── GIVEN DATA ──

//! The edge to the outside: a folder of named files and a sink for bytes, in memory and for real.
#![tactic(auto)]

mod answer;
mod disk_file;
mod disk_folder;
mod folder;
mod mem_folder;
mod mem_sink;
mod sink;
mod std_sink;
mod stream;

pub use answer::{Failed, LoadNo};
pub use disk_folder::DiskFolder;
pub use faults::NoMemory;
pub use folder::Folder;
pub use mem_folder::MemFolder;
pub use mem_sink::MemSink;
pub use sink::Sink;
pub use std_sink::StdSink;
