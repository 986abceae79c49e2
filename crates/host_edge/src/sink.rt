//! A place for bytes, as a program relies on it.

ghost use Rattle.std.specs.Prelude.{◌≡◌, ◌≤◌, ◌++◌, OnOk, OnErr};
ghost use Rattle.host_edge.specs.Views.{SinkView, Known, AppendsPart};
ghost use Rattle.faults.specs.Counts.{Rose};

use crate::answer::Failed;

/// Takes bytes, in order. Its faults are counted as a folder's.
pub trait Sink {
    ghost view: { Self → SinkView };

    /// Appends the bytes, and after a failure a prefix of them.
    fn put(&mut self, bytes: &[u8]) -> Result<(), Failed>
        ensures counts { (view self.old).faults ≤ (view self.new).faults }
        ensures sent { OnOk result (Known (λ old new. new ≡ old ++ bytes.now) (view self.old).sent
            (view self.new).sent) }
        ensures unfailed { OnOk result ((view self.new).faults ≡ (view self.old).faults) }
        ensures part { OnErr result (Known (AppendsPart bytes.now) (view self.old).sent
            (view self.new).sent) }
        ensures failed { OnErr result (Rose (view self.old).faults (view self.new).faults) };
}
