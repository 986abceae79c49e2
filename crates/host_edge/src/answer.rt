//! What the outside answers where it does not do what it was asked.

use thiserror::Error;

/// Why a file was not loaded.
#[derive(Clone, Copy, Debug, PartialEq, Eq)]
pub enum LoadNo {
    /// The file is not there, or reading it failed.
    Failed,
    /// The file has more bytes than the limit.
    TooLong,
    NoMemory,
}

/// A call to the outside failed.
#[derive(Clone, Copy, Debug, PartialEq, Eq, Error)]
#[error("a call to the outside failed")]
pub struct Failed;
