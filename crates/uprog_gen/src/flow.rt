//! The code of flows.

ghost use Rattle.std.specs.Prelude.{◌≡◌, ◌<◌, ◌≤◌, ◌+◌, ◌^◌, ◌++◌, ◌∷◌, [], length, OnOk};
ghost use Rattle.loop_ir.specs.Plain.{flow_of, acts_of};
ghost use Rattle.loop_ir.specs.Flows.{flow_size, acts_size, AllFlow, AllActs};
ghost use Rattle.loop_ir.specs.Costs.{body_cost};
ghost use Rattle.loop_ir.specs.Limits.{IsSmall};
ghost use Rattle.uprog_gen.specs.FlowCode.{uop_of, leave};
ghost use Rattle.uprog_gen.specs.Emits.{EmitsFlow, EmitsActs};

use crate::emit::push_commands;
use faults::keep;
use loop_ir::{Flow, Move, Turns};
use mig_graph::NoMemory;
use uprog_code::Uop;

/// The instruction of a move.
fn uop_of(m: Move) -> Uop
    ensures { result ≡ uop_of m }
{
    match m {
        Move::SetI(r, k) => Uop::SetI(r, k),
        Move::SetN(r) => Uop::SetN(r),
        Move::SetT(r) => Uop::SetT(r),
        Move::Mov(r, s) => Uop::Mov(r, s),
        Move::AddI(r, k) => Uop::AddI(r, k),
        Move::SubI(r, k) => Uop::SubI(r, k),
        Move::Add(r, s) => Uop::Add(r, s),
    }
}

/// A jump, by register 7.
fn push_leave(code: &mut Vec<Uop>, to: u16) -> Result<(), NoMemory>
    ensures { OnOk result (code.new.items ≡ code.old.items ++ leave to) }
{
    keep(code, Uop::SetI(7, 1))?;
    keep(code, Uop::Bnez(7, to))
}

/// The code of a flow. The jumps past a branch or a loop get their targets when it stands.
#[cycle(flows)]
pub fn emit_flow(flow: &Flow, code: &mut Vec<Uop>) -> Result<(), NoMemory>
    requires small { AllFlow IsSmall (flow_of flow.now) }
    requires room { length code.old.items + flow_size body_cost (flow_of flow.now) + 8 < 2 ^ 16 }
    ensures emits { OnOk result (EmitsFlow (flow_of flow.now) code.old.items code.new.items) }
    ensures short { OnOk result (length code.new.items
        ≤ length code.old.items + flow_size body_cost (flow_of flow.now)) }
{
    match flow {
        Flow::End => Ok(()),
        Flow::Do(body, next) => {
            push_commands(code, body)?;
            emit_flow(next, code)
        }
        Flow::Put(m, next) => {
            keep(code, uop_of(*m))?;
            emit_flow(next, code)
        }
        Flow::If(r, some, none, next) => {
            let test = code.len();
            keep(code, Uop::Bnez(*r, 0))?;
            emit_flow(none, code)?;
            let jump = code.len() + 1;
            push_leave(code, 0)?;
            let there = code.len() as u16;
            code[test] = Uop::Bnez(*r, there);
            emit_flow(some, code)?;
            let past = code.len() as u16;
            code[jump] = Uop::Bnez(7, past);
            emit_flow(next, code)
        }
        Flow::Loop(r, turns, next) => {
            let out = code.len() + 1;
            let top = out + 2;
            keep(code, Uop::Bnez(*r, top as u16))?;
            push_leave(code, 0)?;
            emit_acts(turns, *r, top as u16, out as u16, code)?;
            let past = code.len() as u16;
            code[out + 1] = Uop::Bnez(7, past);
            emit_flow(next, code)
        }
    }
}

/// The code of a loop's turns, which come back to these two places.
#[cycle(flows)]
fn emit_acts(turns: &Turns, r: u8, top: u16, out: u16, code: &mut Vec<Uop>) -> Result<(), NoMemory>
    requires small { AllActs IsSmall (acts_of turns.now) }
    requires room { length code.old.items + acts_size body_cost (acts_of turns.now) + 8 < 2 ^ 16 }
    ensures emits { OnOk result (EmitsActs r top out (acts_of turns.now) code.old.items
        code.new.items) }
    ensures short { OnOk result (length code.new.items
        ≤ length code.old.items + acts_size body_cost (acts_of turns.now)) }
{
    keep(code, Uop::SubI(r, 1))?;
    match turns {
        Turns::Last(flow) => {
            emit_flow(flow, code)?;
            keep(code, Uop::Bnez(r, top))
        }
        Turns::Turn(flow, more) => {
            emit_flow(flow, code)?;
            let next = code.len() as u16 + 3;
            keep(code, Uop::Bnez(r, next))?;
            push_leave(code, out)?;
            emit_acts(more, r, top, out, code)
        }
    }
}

───
── GIVEN DATA ──

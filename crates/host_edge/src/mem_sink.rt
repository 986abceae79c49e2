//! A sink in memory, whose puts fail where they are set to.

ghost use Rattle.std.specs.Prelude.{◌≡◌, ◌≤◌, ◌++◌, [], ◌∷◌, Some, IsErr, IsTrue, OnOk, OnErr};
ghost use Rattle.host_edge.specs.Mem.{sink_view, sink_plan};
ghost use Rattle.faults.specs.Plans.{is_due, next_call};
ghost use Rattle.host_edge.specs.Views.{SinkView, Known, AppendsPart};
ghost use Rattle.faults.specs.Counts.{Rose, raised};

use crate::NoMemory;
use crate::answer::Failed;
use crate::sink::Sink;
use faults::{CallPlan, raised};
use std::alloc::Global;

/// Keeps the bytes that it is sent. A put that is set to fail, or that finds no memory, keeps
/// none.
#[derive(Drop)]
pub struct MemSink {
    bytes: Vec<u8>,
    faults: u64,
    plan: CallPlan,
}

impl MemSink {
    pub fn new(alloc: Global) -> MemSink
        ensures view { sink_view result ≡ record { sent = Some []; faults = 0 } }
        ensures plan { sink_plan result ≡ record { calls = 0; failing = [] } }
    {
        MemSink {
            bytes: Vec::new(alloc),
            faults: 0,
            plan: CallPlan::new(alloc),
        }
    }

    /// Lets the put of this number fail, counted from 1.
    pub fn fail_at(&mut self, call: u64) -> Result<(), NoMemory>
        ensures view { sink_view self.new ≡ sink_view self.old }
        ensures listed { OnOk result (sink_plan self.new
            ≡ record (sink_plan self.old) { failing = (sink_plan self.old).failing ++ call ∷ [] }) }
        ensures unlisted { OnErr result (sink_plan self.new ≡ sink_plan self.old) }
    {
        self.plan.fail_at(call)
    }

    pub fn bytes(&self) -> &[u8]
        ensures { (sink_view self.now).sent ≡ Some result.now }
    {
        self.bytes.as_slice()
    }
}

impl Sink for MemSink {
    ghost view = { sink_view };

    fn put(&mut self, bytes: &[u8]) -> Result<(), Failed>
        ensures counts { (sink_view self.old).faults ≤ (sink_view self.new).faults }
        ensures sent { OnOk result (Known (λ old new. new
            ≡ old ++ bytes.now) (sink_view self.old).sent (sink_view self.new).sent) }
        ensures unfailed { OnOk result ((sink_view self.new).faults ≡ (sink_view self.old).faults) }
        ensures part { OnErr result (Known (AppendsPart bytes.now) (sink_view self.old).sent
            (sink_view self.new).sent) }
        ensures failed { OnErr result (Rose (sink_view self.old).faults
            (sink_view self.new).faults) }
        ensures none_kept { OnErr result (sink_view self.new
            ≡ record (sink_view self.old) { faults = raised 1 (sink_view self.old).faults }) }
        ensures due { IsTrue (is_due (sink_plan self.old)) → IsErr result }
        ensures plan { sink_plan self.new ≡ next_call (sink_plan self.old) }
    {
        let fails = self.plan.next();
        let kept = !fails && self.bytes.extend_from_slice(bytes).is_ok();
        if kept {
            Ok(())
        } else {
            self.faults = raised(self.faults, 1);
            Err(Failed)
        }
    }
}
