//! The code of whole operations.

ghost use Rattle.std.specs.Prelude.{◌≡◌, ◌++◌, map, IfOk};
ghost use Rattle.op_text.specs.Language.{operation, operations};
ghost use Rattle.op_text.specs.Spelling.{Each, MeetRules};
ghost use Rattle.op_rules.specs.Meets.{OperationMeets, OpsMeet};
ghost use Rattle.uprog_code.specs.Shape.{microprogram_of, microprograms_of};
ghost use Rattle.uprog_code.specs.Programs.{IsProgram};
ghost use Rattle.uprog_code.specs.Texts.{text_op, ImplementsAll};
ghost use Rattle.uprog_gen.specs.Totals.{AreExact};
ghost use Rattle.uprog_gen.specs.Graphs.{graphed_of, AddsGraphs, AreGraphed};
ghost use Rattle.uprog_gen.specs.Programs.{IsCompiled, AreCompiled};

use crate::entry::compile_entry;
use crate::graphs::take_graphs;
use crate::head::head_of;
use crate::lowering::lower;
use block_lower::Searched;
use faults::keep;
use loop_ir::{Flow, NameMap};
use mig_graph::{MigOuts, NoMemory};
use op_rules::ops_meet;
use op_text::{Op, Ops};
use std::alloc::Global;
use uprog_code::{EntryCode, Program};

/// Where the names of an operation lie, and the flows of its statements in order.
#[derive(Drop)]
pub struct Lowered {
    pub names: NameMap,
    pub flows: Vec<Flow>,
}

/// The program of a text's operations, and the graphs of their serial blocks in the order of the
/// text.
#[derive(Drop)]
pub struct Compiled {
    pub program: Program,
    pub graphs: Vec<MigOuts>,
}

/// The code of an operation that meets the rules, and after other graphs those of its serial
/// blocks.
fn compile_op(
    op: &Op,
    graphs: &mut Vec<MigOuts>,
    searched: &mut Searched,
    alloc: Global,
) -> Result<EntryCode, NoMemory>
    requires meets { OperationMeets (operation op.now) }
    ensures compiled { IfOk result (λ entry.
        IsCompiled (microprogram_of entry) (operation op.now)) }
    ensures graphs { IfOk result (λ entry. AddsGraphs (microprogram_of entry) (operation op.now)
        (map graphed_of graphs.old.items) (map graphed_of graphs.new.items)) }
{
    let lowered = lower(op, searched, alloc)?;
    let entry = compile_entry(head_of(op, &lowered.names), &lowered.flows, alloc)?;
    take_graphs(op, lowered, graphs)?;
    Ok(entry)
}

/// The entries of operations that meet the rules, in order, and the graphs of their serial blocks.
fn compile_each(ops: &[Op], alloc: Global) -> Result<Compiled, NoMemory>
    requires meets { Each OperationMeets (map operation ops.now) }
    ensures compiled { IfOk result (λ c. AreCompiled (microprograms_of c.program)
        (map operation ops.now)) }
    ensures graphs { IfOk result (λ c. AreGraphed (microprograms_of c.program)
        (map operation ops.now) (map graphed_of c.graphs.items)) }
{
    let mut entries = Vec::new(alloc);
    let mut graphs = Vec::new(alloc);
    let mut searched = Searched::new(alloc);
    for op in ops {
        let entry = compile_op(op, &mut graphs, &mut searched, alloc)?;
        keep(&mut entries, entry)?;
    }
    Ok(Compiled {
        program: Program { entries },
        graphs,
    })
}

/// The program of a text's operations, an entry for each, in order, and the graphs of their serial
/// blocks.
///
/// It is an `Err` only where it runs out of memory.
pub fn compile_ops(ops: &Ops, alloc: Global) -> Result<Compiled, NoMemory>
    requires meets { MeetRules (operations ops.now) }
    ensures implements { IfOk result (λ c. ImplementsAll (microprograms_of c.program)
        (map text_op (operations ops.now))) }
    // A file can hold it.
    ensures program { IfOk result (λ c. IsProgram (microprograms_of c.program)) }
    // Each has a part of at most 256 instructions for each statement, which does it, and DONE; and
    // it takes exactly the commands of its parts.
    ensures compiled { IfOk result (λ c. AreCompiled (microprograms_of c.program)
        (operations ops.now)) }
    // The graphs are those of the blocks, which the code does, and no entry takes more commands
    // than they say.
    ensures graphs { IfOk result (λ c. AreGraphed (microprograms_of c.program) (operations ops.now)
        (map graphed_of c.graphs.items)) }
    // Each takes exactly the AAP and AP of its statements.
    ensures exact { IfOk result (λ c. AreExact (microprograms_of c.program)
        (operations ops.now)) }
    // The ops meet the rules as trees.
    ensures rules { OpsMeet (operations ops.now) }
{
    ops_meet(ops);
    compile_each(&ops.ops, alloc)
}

───
── GIVEN DATA ──

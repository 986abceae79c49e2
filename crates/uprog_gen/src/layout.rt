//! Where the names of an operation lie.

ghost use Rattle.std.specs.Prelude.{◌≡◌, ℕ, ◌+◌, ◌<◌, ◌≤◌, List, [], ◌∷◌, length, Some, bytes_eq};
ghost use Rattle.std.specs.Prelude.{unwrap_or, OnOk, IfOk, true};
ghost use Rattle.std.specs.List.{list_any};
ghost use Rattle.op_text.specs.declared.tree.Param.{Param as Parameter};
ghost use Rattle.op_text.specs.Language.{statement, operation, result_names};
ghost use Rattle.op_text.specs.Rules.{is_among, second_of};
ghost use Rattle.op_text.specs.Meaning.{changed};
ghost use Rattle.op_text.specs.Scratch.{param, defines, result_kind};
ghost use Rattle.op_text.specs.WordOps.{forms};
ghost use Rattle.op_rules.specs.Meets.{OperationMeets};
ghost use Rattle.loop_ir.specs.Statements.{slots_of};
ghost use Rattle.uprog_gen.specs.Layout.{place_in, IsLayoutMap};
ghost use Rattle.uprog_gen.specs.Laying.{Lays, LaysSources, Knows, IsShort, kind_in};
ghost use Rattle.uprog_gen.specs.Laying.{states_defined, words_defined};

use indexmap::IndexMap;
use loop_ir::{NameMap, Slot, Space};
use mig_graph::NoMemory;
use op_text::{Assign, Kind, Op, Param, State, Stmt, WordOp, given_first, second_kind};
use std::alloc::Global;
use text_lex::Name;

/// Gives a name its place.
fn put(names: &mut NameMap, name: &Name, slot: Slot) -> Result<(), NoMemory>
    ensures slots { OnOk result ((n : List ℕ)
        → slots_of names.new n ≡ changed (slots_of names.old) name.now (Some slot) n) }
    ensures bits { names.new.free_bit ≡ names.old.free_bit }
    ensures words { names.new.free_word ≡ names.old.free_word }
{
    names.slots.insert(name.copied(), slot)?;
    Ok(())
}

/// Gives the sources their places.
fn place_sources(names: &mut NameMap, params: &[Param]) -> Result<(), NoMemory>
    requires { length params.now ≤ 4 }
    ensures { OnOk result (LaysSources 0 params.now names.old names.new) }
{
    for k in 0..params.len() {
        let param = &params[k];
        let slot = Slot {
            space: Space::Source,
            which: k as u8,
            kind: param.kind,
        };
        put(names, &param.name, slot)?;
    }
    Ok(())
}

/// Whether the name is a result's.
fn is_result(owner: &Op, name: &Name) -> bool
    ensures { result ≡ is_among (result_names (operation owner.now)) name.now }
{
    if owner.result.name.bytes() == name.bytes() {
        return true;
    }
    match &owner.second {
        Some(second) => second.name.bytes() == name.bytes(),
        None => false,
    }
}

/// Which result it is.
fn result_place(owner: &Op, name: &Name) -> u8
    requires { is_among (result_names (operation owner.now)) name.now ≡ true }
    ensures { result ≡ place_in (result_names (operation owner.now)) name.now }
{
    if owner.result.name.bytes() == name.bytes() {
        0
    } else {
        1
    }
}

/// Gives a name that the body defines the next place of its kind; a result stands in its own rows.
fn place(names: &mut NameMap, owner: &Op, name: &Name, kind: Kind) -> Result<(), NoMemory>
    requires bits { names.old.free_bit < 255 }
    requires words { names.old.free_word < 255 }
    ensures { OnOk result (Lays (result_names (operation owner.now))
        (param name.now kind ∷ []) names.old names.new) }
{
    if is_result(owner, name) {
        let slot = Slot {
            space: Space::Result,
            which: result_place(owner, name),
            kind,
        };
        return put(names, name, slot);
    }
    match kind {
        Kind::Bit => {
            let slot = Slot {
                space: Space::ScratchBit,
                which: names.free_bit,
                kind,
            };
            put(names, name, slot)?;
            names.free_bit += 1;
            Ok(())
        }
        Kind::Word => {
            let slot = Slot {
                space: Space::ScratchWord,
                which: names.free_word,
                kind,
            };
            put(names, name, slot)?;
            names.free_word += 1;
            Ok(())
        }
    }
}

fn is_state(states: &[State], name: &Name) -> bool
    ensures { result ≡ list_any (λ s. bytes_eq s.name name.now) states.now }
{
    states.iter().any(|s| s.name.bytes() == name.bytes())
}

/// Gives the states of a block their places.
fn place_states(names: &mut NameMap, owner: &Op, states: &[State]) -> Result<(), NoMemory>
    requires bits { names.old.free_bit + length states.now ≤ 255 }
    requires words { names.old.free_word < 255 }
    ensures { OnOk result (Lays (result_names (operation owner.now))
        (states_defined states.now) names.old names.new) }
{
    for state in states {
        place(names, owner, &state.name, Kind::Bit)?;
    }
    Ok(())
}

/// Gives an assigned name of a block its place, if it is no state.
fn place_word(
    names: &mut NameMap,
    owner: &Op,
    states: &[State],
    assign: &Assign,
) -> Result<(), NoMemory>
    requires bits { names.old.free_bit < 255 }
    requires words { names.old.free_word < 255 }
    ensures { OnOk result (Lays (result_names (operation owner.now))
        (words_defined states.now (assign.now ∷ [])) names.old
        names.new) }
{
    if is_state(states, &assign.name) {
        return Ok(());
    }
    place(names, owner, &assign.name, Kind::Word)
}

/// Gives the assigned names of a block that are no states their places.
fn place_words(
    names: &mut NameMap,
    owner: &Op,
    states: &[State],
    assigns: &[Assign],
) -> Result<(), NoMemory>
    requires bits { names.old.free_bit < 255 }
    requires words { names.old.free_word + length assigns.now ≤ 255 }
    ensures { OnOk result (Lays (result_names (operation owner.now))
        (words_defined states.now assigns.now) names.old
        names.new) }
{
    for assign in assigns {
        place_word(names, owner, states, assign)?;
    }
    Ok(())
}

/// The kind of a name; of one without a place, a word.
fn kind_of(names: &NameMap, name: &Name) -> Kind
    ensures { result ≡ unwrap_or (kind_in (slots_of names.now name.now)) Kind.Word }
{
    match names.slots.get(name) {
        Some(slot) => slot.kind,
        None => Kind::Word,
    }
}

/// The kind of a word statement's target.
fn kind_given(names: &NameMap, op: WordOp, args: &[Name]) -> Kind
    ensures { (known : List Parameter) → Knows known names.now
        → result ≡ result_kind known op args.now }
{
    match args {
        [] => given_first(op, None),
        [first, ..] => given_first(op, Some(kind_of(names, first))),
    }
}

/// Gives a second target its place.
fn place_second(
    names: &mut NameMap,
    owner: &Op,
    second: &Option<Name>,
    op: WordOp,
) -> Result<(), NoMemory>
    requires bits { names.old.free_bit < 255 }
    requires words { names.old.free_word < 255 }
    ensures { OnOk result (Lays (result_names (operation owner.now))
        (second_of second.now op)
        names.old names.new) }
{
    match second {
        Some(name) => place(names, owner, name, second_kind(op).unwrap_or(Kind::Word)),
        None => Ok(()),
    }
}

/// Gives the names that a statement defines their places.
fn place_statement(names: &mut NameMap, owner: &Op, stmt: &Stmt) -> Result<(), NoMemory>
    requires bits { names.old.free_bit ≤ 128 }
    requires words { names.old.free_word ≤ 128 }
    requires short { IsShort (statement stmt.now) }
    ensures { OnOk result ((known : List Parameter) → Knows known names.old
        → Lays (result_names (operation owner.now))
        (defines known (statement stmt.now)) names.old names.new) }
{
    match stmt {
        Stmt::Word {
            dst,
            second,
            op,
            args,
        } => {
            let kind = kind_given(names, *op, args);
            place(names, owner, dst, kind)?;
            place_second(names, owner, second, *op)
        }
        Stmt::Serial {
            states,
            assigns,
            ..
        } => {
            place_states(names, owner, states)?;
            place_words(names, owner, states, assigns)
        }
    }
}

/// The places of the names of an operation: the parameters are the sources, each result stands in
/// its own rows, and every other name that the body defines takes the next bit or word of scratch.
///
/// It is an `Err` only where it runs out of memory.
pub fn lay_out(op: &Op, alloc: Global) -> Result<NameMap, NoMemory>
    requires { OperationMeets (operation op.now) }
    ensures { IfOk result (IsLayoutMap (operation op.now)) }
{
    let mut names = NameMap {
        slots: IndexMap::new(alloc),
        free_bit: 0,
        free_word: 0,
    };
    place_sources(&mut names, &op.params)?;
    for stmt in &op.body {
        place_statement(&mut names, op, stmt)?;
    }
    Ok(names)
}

───

= INSTRUCTIONS FOR THE TASK =
Wherever the string "IsCompiled" occurs in the entries, copy that whole line.

= WRITTEN ANSWER =
ghost use Rattle.uprog_gen.specs.Programs.{IsCompiled, AreCompiled};
        IsCompiled (microprogram_of entry) (operation op.now)) }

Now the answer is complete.